(Stored data entries)
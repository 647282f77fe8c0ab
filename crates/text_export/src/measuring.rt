// How long the list of a card is.
ghost use Rattle.std.specs.Prelude.{◌≡◌, true, ◌+◌, ◌≤◌, length};
ghost use Rattle.base_answers.specs.Answer.{given};
ghost use Rattle.card_entries.specs.Fault.{most_length};
ghost use Rattle.card_entries.specs.Bounds.{most_entries};
ghost use Rattle.card_reader.specs.Fetching.{admission};
ghost use Rattle.base_text.specs.Text.{decimal};
ghost use Rattle.text_probes.specs.Line.{listed_text, line_text, is_small};
ghost use Rattle.text_export.specs.Exporting.{listed_for, line_for, list_of};

use card_entries::{Format, Slot};
use text_probes::line::Marked;

// Of two numbers, with a mark between them.
fn both_length(p: u16, q: u16) -> usize
    ensures { result ≡ length (decimal p) + 1 + length (decimal q) }
{
    base_text::digits_in(usize::from(p)) + 1 + base_text::digits_in(usize::from(q))
}

// Of what is listed.
fn listed_length(listed: Marked) -> usize
    ensures { result ≡ length (listed_text listed) }
{
    match listed {
        Marked::Bare(p) => base_text::digits_in(usize::from(p)),
        Marked::Two(p, q) | Marked::Run(p, q) => both_length(p, q),
    }
}

// Of the line of an entry.
fn line_length(kind: usize, l: usize, s: Slot) -> usize
    requires { (l ≤ most_length) × (is_small (listed_for kind s) ≡ true) }
    ensures { result ≡ length (line_text (line_for kind l s)) }
{
    l + 2 + listed_length(crate::listed_for(kind, s))
}

// Of the list of an admitted card.
pub fn text_length(card: &[u8], f: Format) -> usize
    requires { admission most_entries card.now ≡ given f }
    ensures { result ≡ length (list_of card.now) }
{
    let mut n = 0;
    for e in 0..f.m {
        n += line_length(f.kind, f.l, card_layout::slot_of(card, e));
    }
    n
}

- Task statement
Extract all of the data above without altering anything.

- Reply to the task
repository 647282f77fe8c0ab
filename crates/text_export/src/measuring.rt
// How long the list of a card is.
ghost use Rattle.std.specs.Prelude.{◌≡◌, true, ◌+◌, ◌≤◌, length};
ghost use Rattle.base_answers.specs.Answer.{given};
ghost use Rattle.card_entries.specs.Fault.{most_length};
ghost use Rattle.card_entries.specs.Bounds.{most_entries};
ghost use Rattle.card_reader.specs.Fetching.{admission};
ghost use Rattle.base_text.specs.Text.{decimal};
ghost use Rattle.text_probes.specs.Line.{listed_text, line_text, is_small};
ghost use Rattle.text_export.specs.Exporting.{listed_for, line_for, list_of};

use card_entries::{Format, Slot};
use text_probes::line::Marked;

// Of two numbers, with a mark between them.
fn both_length(p: u16, q: u16) -> usize
    ensures { result ≡ length (decimal p) + 1 + length (decimal q) }
{
    base_text::digits_in(usize::from(p)) + 1 + base_text::digits_in(usize::from(q))
}

// Of what is listed.
fn listed_length(listed: Marked) -> usize
    ensures { result ≡ length (listed_text listed) }
{
    match listed {
        Marked::Bare(p) => base_text::digits_in(usize::from(p)),
        Marked::Two(p, q) | Marked::Run(p, q) => both_length(p, q),
    }
}

// Of the line of an entry.
fn line_length(kind: usize, l: usize, s: Slot) -> usize
    requires { (l ≤ most_length) × (is_small (listed_for kind s) ≡ true) }
    ensures { result ≡ length (line_text (line_for kind l s)) }
{
    l + 2 + listed_length(crate::listed_for(kind, s))
}

// Of the list of an admitted card.
pub fn text_length(card: &[u8], f: Format) -> usize
    requires { admission most_entries card.now ≡ given f }
    ensures { result ≡ length (list_of card.now) }
{
    let mut n = 0;
    for e in 0..f.m {
        n += line_length(f.kind, f.l, card_layout::slot_of(card, e));
    }
    n
}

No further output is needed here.